Akar Konflik di Tempat Kerja

Tempat kerja merupakan satu sumber konflik yang sangat sulit diabaikan. Beberapa studi memberikan perhatian yang cukup serius tentangnya. Paling waktu, setiap orang menghabiskan sepertiga hari, bahkan lebih, di tempat kerjanya. Selain itu, konflik di tempat kerja juga memberikan pengaruh yang tidak ringan pada kehidupan individu secara keseluruhan. Seorang individu bisa begitu percaya diri ketika bisa berprestasi di tempat kerjanya. Sebaliknya, ia juga dapat begitu minder karena tidak ada prestasi yang bisa dibanggakan di tempat kerja.
Hal ini diperparah dengan adanya anggapan bahwa kualitas seseorang diukur dari kualitas kinerjanya. Adapun kualitas personal, seperti kebaikan, keluruhan nilai hidup, dan yang sejenisnya, tidaklah begitu diperhatikan.
Sudut pandang kapitalistis memang mendorong setiap orang untuk mengumpulkan modal sebanyak-banyaknya. Semakin banyak kapital (modal) yang dimiliki seseorang, semakin aman dan baik kondisi seseorang dalam kehidupan. Paling tidak, ia memiliki kemampuan untuk memenuhi berbagai kebutuhan hidupnya.

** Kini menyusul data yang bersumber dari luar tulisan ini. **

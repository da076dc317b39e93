//! The letters that were sent and aren't settled.

ghost use Rattle.std.specs.Prelude.{◌≡◌, ◌≤◌, false, OnOk, IfOk, IsTrue, filter};
ghost use Rattle.sqlite.specs.Held.{state};
ghost use Rattle.sqlite.specs.State.{HasCleanDisk, Survives, KeepsCommit};
ghost use Rattle.sqlite.specs.declared.types.Value.TheVariants.{Int};
ghost use Rattle.sqlite_sql.specs.Query.{as_count};
ghost use Rattle.sqlite_trees.specs.Tree.{Trees};
ghost use Rattle.sqlite_trees.specs.View.{doubt};
ghost use Rattle.sql_rows.specs.Schema.{IsService};
ghost use Rattle.sql_rows.specs.Tables.{IsRising, IsCut, Puts, Edits, Stays, AreInOrder, place_key, letter_cells};
ghost use Rattle.sql_rows.specs.Tables.{is_upto, is_after, by_place, shown_letter};

use crate::statements::{int, read, text, write};
use sqlite::{Alter, Connection, Error, Row, Transaction};

/// Puts a letter into the outbox.
pub fn put_outbox<S: Alter>(
    tx: &mut Transaction<'_, S>,
    sender: &str,
    receiver: &str,
    number: i64,
    body: &str,
) -> Result<usize, Error>
    requires schema { HasCleanDisk (state S.Store tx.old.conn.now)
        → IsService (state S.Store tx.old.conn.now).now.schema }
    requires rising { HasCleanDisk (state S.Store tx.old.conn.now)
        → IsRising ((state S.Store tx.old.conn.now).now.trees 1) }
    requires inside { HasCleanDisk (state S.Store tx.old.conn.now)
        → IsTrue (state S.Store tx.old.conn.now).in_transaction }
    ensures same_reference { tx.new.conn.ghost_name ≡ tx.old.conn.ghost_name }
    ensures ok { HasCleanDisk (state S.Store tx.new.conn.now) → OnOk result (Edits 1
        (Puts (place_key sender.now receiver.now number) (letter_cells sender.now receiver.now number body.now))
        (state S.Store tx.old.conn.now) (state S.Store tx.new.conn.now)) }
    ensures kept { HasCleanDisk (state S.Store tx.new.conn.now)
        → KeepsCommit (state S.Store tx.old.conn.now) (state S.Store tx.new.conn.now) }
    ensures survives { Survives (state S.Store tx.old.conn.now) (state S.Store tx.new.conn.now) (λ _. ⊥) }
{
    // REPLACE, for what a change says: the row is set, whatever was there.
    write(
        tx,
        "INSERT OR REPLACE INTO outbox (sender, receiver, number, body) VALUES (?1, ?2, ?3, ?4)",
        &[text(sender), text(receiver), int(number), text(body)],
    )
}

/// Takes away the letters of a pair up to a number.
pub fn settle_outbox<S: Alter>(
    tx: &mut Transaction<'_, S>,
    sender: &str,
    receiver: &str,
    number: i64,
) -> Result<usize, Error>
    requires schema { HasCleanDisk (state S.Store tx.old.conn.now)
        → IsService (state S.Store tx.old.conn.now).now.schema }
    requires rising { HasCleanDisk (state S.Store tx.old.conn.now)
        → IsRising ((state S.Store tx.old.conn.now).now.trees 1) }
    requires inside { HasCleanDisk (state S.Store tx.old.conn.now)
        → IsTrue (state S.Store tx.old.conn.now).in_transaction }
    ensures same_reference { tx.new.conn.ghost_name ≡ tx.old.conn.ghost_name }
    ensures ok { HasCleanDisk (state S.Store tx.new.conn.now) → OnOk result (Edits 1
        (IsCut (is_upto sender.now receiver.now number))
        (state S.Store tx.old.conn.now) (state S.Store tx.new.conn.now)) }
    ensures kept { HasCleanDisk (state S.Store tx.new.conn.now)
        → KeepsCommit (state S.Store tx.old.conn.now) (state S.Store tx.new.conn.now) }
    ensures survives { Survives (state S.Store tx.old.conn.now) (state S.Store tx.new.conn.now) (λ _. ⊥) }
{
    // All letters up to the number: a settle covers those before it.
    write(
        tx,
        "DELETE FROM outbox WHERE sender = ?1 AND receiver = ?2 AND number <= ?3",
        &[text(sender), text(receiver), int(number)],
    )
}

/// The first letters of the outbox.
pub fn read_letters<S: Alter>(conn: &mut Connection<S>, limit: i64) -> Result<Vec<Row>, Error>
    requires schema { HasCleanDisk (state S.Store conn.old) → IsService (state S.Store conn.old).now.schema }
    requires settled { HasCleanDisk (state S.Store conn.old)
        → (state S.Store conn.old).now ≡ (state S.Store conn.old).committed }
    requires autocommit { conn.old.in_transaction ≡ false }
    ensures rows { HasCleanDisk (state S.Store conn.new) → IfOk result (λ rows.
        AreInOrder by_place (as_count (Int limit)) shown_letter
        ((state S.Store conn.old).now.trees 1) rows.items) }
    ensures autocommit { conn.new.in_transaction ≡ false }
    ensures open { HasCleanDisk (state S.Store conn.new) → OnOk result (IsTrue (state S.Store conn.new).is_open) }
    ensures stays { HasCleanDisk (state S.Store conn.new) → Stays (state S.Store conn.old) (state S.Store conn.new) }
    ensures clean { doubt (state S.Store conn.old).is_clean ≤ doubt (state S.Store conn.new).is_clean }
    ensures crash { HasCleanDisk (state S.Store conn.new) → (db : Trees)
        → (state S.Store conn.new).may_leave db → (state S.Store conn.old).may_leave db }
{
    // A text of its own for the beginning: no place is before all others.
    read(
        conn,
        "SELECT sender, receiver, number, body FROM outbox \
         ORDER BY sender, receiver, number LIMIT ?1",
        &[int(limit)],
    )
}

/// The first letters of the outbox after a place.
pub fn read_letters_after<S: Alter>(
    conn: &mut Connection<S>,
    sender: &str,
    receiver: &str,
    number: i64,
    limit: i64,
) -> Result<Vec<Row>, Error>
    requires schema { HasCleanDisk (state S.Store conn.old) → IsService (state S.Store conn.old).now.schema }
    requires settled { HasCleanDisk (state S.Store conn.old)
        → (state S.Store conn.old).now ≡ (state S.Store conn.old).committed }
    requires autocommit { conn.old.in_transaction ≡ false }
    ensures rows { HasCleanDisk (state S.Store conn.new) → IfOk result (λ rows.
        AreInOrder by_place (as_count (Int limit)) shown_letter
        (filter (is_after sender.now receiver.now number) ((state S.Store conn.old).now.trees 1)) rows.items) }
    ensures autocommit { conn.new.in_transaction ≡ false }
    ensures open { HasCleanDisk (state S.Store conn.new) → OnOk result (IsTrue (state S.Store conn.new).is_open) }
    ensures stays { HasCleanDisk (state S.Store conn.new) → Stays (state S.Store conn.old) (state S.Store conn.new) }
    ensures clean { doubt (state S.Store conn.old).is_clean ≤ doubt (state S.Store conn.new).is_clean }
    ensures crash { HasCleanDisk (state S.Store conn.new) → (db : Trees)
        → (state S.Store conn.new).may_leave db → (state S.Store conn.old).may_leave db }
{
    // The first test leaves the pair's own sender and those after it, so that the others may compare receivers and
    // numbers.
    read(
        conn,
        "SELECT sender, receiver, number, body FROM outbox WHERE sender >= ?1 \
         AND (sender > ?1 OR receiver > ?2 OR receiver = ?2 AND number > ?3) \
         ORDER BY sender, receiver, number LIMIT ?4",
        &[text(sender), text(receiver), int(number), int(limit)],
    )
}
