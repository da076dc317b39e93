//! The stocks of a warehouse, and the lines of orders at each.

ghost use Rattle.std.specs.Prelude.{◌≡◌, ◌≤◌, false, OnOk, IfOk, IsTrue, None, filter, [], ◌∷◌};
ghost use Rattle.sqlite.specs.Held.{state};
ghost use Rattle.sqlite.specs.State.{HasCleanDisk, Survives, KeepsCommit};
ghost use Rattle.sqlite.specs.declared.types.Value.TheVariants.{Int, Text};
ghost use Rattle.sqlite_trees.specs.Tree.{Trees};
ghost use Rattle.sqlite_trees.specs.View.{doubt};
ghost use Rattle.sqlite_value.specs.Order.{column};
ghost use Rattle.sql_rows.specs.Schema.{warehouse};
ghost use Rattle.sql_rows.specs.Tables.{has_key, IsRising, IsCut, Puts, Adds, Edits, Stays, AreInOrder, pair_key};
ghost use Rattle.sql_rows.specs.Tables.{text_key};
ghost use Rattle.sql_rows.specs.Tables.{by_text, by_pair};

use crate::statements::{int, read, text, write};
use sqlite::{Alter, Connection, Error, Row, Transaction};

/// Sets the numbers of a stock.
pub fn put_stock<S: Alter>(
    tx: &mut Transaction<'_, S>,
    key: &str,
    on_hand: i64,
    held: i64,
    shipped: i64,
    received: i64,
) -> Result<usize, Error>
    requires schema { HasCleanDisk (state S.Store tx.old.conn.now)
        → (state S.Store tx.old.conn.now).now.schema ≡ warehouse }
    requires rising { HasCleanDisk (state S.Store tx.old.conn.now)
        → IsRising ((state S.Store tx.old.conn.now).now.trees 9) }
    requires inside { HasCleanDisk (state S.Store tx.old.conn.now)
        → IsTrue (state S.Store tx.old.conn.now).in_transaction }
    ensures same_reference { tx.new.conn.ghost_name ≡ tx.old.conn.ghost_name }
    ensures ok { HasCleanDisk (state S.Store tx.new.conn.now) → OnOk result (Edits 9
        (Puts (text_key key.now)
        (Text key.now ∷ Int on_hand ∷ Int held ∷ Int shipped ∷ Int received ∷ []))
        (state S.Store tx.old.conn.now) (state S.Store tx.new.conn.now)) }
    ensures kept { HasCleanDisk (state S.Store tx.new.conn.now)
        → KeepsCommit (state S.Store tx.old.conn.now) (state S.Store tx.new.conn.now) }
    ensures survives { Survives (state S.Store tx.old.conn.now) (state S.Store tx.new.conn.now) (λ _. ⊥) }
{
    write(
        tx,
        "INSERT OR REPLACE INTO stocks (key, on_hand, held, shipped, received) \
         VALUES (?1, ?2, ?3, ?4, ?5)",
        &[
            text(key),
            int(on_hand),
            int(held),
            int(shipped),
            int(received),
        ],
    )
}

/// Takes a stock away; refused, while it has lines.
pub fn take_stock<S: Alter>(tx: &mut Transaction<'_, S>, key: &str) -> Result<usize, Error>
    requires schema { HasCleanDisk (state S.Store tx.old.conn.now)
        → (state S.Store tx.old.conn.now).now.schema ≡ warehouse }
    requires rising { HasCleanDisk (state S.Store tx.old.conn.now)
        → IsRising ((state S.Store tx.old.conn.now).now.trees 9) }
    requires inside { HasCleanDisk (state S.Store tx.old.conn.now)
        → IsTrue (state S.Store tx.old.conn.now).in_transaction }
    ensures same_reference { tx.new.conn.ghost_name ≡ tx.old.conn.ghost_name }
    ensures ok { HasCleanDisk (state S.Store tx.new.conn.now) → OnOk result (Edits 9
        (IsCut (has_key (text_key key.now)))
        (state S.Store tx.old.conn.now) (state S.Store tx.new.conn.now)) }
    ensures kept { HasCleanDisk (state S.Store tx.new.conn.now)
        → KeepsCommit (state S.Store tx.old.conn.now) (state S.Store tx.new.conn.now) }
    ensures survives { Survives (state S.Store tx.old.conn.now) (state S.Store tx.new.conn.now) (λ _. ⊥) }
{
    // The lines refer to this row: the caller takes them first.
    write(tx, "DELETE FROM stocks WHERE key = ?1", &[text(key)])
}

/// Adds the line of an order; refused, where the stock has one of it.
pub fn add_stock_line<S: Alter>(
    tx: &mut Transaction<'_, S>,
    stock: &str,
    order: &str,
    n: i64,
    phase: &str,
) -> Result<usize, Error>
    requires schema { HasCleanDisk (state S.Store tx.old.conn.now)
        → (state S.Store tx.old.conn.now).now.schema ≡ warehouse }
    requires rising { HasCleanDisk (state S.Store tx.old.conn.now)
        → IsRising ((state S.Store tx.old.conn.now).now.trees 11) }
    requires inside { HasCleanDisk (state S.Store tx.old.conn.now)
        → IsTrue (state S.Store tx.old.conn.now).in_transaction }
    ensures same_reference { tx.new.conn.ghost_name ≡ tx.old.conn.ghost_name }
    ensures ok { HasCleanDisk (state S.Store tx.new.conn.now) → OnOk result (Edits 11
        (Adds (Text stock.now ∷ Text order.now ∷ Int n ∷ Text phase.now ∷ []))
        (state S.Store tx.old.conn.now) (state S.Store tx.new.conn.now)) }
    ensures kept { HasCleanDisk (state S.Store tx.new.conn.now)
        → KeepsCommit (state S.Store tx.old.conn.now) (state S.Store tx.new.conn.now) }
    ensures survives { Survives (state S.Store tx.old.conn.now) (state S.Store tx.new.conn.now) (λ _. ⊥) }
{
    // No REPLACE: all lines were taken before, so one that is there is a fault.
    write(
        tx,
        "INSERT INTO stock_lines (stock, order_key, n, phase) VALUES (?1, ?2, ?3, ?4)",
        &[text(stock), text(order), int(n), text(phase)],
    )
}

/// Sets the line of an order.
pub fn put_stock_line<S: Alter>(
    tx: &mut Transaction<'_, S>,
    stock: &str,
    order: &str,
    n: i64,
    phase: &str,
) -> Result<usize, Error>
    requires schema { HasCleanDisk (state S.Store tx.old.conn.now)
        → (state S.Store tx.old.conn.now).now.schema ≡ warehouse }
    requires rising { HasCleanDisk (state S.Store tx.old.conn.now)
        → IsRising ((state S.Store tx.old.conn.now).now.trees 11) }
    requires inside { HasCleanDisk (state S.Store tx.old.conn.now)
        → IsTrue (state S.Store tx.old.conn.now).in_transaction }
    ensures same_reference { tx.new.conn.ghost_name ≡ tx.old.conn.ghost_name }
    ensures ok { HasCleanDisk (state S.Store tx.new.conn.now) → OnOk result (Edits 11
        (Puts (pair_key stock.now order.now) (Text stock.now ∷ Text order.now ∷ Int n ∷ Text phase.now ∷ []))
        (state S.Store tx.old.conn.now) (state S.Store tx.new.conn.now)) }
    ensures kept { HasCleanDisk (state S.Store tx.new.conn.now)
        → KeepsCommit (state S.Store tx.old.conn.now) (state S.Store tx.new.conn.now) }
    ensures survives { Survives (state S.Store tx.old.conn.now) (state S.Store tx.new.conn.now) (λ _. ⊥) }
{
    // A step writes this line alone, however many the stock has.
    write(
        tx,
        "INSERT OR REPLACE INTO stock_lines (stock, order_key, n, phase) VALUES (?1, ?2, ?3, ?4)",
        &[text(stock), text(order), int(n), text(phase)],
    )
}

/// Takes the line of an order away.
pub fn take_stock_line<S: Alter>(
    tx: &mut Transaction<'_, S>,
    stock: &str,
    order: &str,
) -> Result<usize, Error>
    requires schema { HasCleanDisk (state S.Store tx.old.conn.now)
        → (state S.Store tx.old.conn.now).now.schema ≡ warehouse }
    requires rising { HasCleanDisk (state S.Store tx.old.conn.now)
        → IsRising ((state S.Store tx.old.conn.now).now.trees 11) }
    requires inside { HasCleanDisk (state S.Store tx.old.conn.now)
        → IsTrue (state S.Store tx.old.conn.now).in_transaction }
    ensures same_reference { tx.new.conn.ghost_name ≡ tx.old.conn.ghost_name }
    ensures ok { HasCleanDisk (state S.Store tx.new.conn.now) → OnOk result (Edits 11
        (IsCut (has_key (pair_key stock.now order.now)))
        (state S.Store tx.old.conn.now) (state S.Store tx.new.conn.now)) }
    ensures kept { HasCleanDisk (state S.Store tx.new.conn.now)
        → KeepsCommit (state S.Store tx.old.conn.now) (state S.Store tx.new.conn.now) }
    ensures survives { Survives (state S.Store tx.old.conn.now) (state S.Store tx.new.conn.now) (λ _. ⊥) }
{
    write(
        tx,
        "DELETE FROM stock_lines WHERE stock = ?1 AND order_key = ?2",
        &[text(stock), text(order)],
    )
}

/// Takes the lines of a stock away.
pub fn take_stock_lines<S: Alter>(tx: &mut Transaction<'_, S>, stock: &str) -> Result<usize, Error>
    requires schema { HasCleanDisk (state S.Store tx.old.conn.now)
        → (state S.Store tx.old.conn.now).now.schema ≡ warehouse }
    requires rising { HasCleanDisk (state S.Store tx.old.conn.now)
        → IsRising ((state S.Store tx.old.conn.now).now.trees 11) }
    requires inside { HasCleanDisk (state S.Store tx.old.conn.now)
        → IsTrue (state S.Store tx.old.conn.now).in_transaction }
    ensures same_reference { tx.new.conn.ghost_name ≡ tx.old.conn.ghost_name }
    ensures ok { HasCleanDisk (state S.Store tx.new.conn.now) → OnOk result (Edits 11
        (IsCut (has_key (text_key stock.now)))
        (state S.Store tx.old.conn.now) (state S.Store tx.new.conn.now)) }
    ensures kept { HasCleanDisk (state S.Store tx.new.conn.now)
        → KeepsCommit (state S.Store tx.old.conn.now) (state S.Store tx.new.conn.now) }
    ensures survives { Survives (state S.Store tx.old.conn.now) (state S.Store tx.new.conn.now) (λ _. ⊥) }
{
    write(
        tx,
        "DELETE FROM stock_lines WHERE stock = ?1",
        &[text(stock)],
    )
}

/// The numbers of a stock; no row, where there is none.
pub fn read_stock<S: Alter>(conn: &mut Connection<S>, key: &str) -> Result<Vec<Row>, Error>
    requires schema { HasCleanDisk (state S.Store conn.old) → (state S.Store conn.old).now.schema ≡ warehouse }
    requires settled { HasCleanDisk (state S.Store conn.old)
        → (state S.Store conn.old).now ≡ (state S.Store conn.old).committed }
    requires autocommit { conn.old.in_transaction ≡ false }
    ensures rows { HasCleanDisk (state S.Store conn.new) → IfOk result (λ rows.
        AreInOrder by_text None (λ x. column x 2 ∷ column x 3 ∷ column x 4 ∷ column x 5 ∷ [])
        (filter (has_key (text_key key.now)) ((state S.Store conn.old).now.trees 9)) rows.items) }
    ensures autocommit { conn.new.in_transaction ≡ false }
    ensures open { HasCleanDisk (state S.Store conn.new) → OnOk result (IsTrue (state S.Store conn.new).is_open) }
    ensures stays { HasCleanDisk (state S.Store conn.new) → Stays (state S.Store conn.old) (state S.Store conn.new) }
    ensures clean { doubt (state S.Store conn.old).is_clean ≤ doubt (state S.Store conn.new).is_clean }
    ensures crash { HasCleanDisk (state S.Store conn.new) → (db : Trees)
        → (state S.Store conn.new).may_leave db → (state S.Store conn.old).may_leave db }
{
    read(
        conn,
        "SELECT on_hand, held, shipped, received FROM stocks WHERE key = ?1 ORDER BY key",
        &[text(key)],
    )
}

/// The lines of a stock.
pub fn read_stock_lines<S: Alter>(conn: &mut Connection<S>, stock: &str) -> Result<Vec<Row>, Error>
    requires schema { HasCleanDisk (state S.Store conn.old) → (state S.Store conn.old).now.schema ≡ warehouse }
    requires settled { HasCleanDisk (state S.Store conn.old)
        → (state S.Store conn.old).now ≡ (state S.Store conn.old).committed }
    requires autocommit { conn.old.in_transaction ≡ false }
    ensures rows { HasCleanDisk (state S.Store conn.new) → IfOk result (λ rows.
        AreInOrder by_pair None (λ x. column x 2 ∷ column x 3 ∷ column x 4 ∷ [])
        (filter (has_key (text_key stock.now)) ((state S.Store conn.old).now.trees 11)) rows.items) }
    ensures autocommit { conn.new.in_transaction ≡ false }
    ensures open { HasCleanDisk (state S.Store conn.new) → OnOk result (IsTrue (state S.Store conn.new).is_open) }
    ensures stays { HasCleanDisk (state S.Store conn.new) → Stays (state S.Store conn.old) (state S.Store conn.new) }
    ensures clean { doubt (state S.Store conn.old).is_clean ≤ doubt (state S.Store conn.new).is_clean }
    ensures crash { HasCleanDisk (state S.Store conn.new) → (db : Trees)
        → (state S.Store conn.new).may_leave db → (state S.Store conn.old).may_leave db }
{
    read(
        conn,
        "SELECT order_key, n, phase FROM stock_lines WHERE stock = ?1 ORDER BY stock, order_key",
        &[text(stock)],
    )
}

Sudut pandang hedonisme juga mendorong hal yang sama. Hedonisme mengajarkan setiap orang untuk bersenang-senang. Tanpa kapital, bagaimana mungkin kesenangan bisa didapatkan?
Kita, paling tidak untuk sementara ini, dapat menyimpulkan bahwa sudut pandang hidup yang salah menjadikan tempat kerja –dan juga tempat-tempat hidup lainnya- sebagai sumber konflik. Bagaimana mungkin manusia dipacu untuk terus bekerja tanpa memperhatikan kebutuhan fundamental kemanusiaannya?
Sedikit agak dalam, kita perlu membincangkan kebutuhan fundamental manusia. Hal ini diperlukan untuk mengurai masalah-masalah praktis di kehidupan sehari-hari.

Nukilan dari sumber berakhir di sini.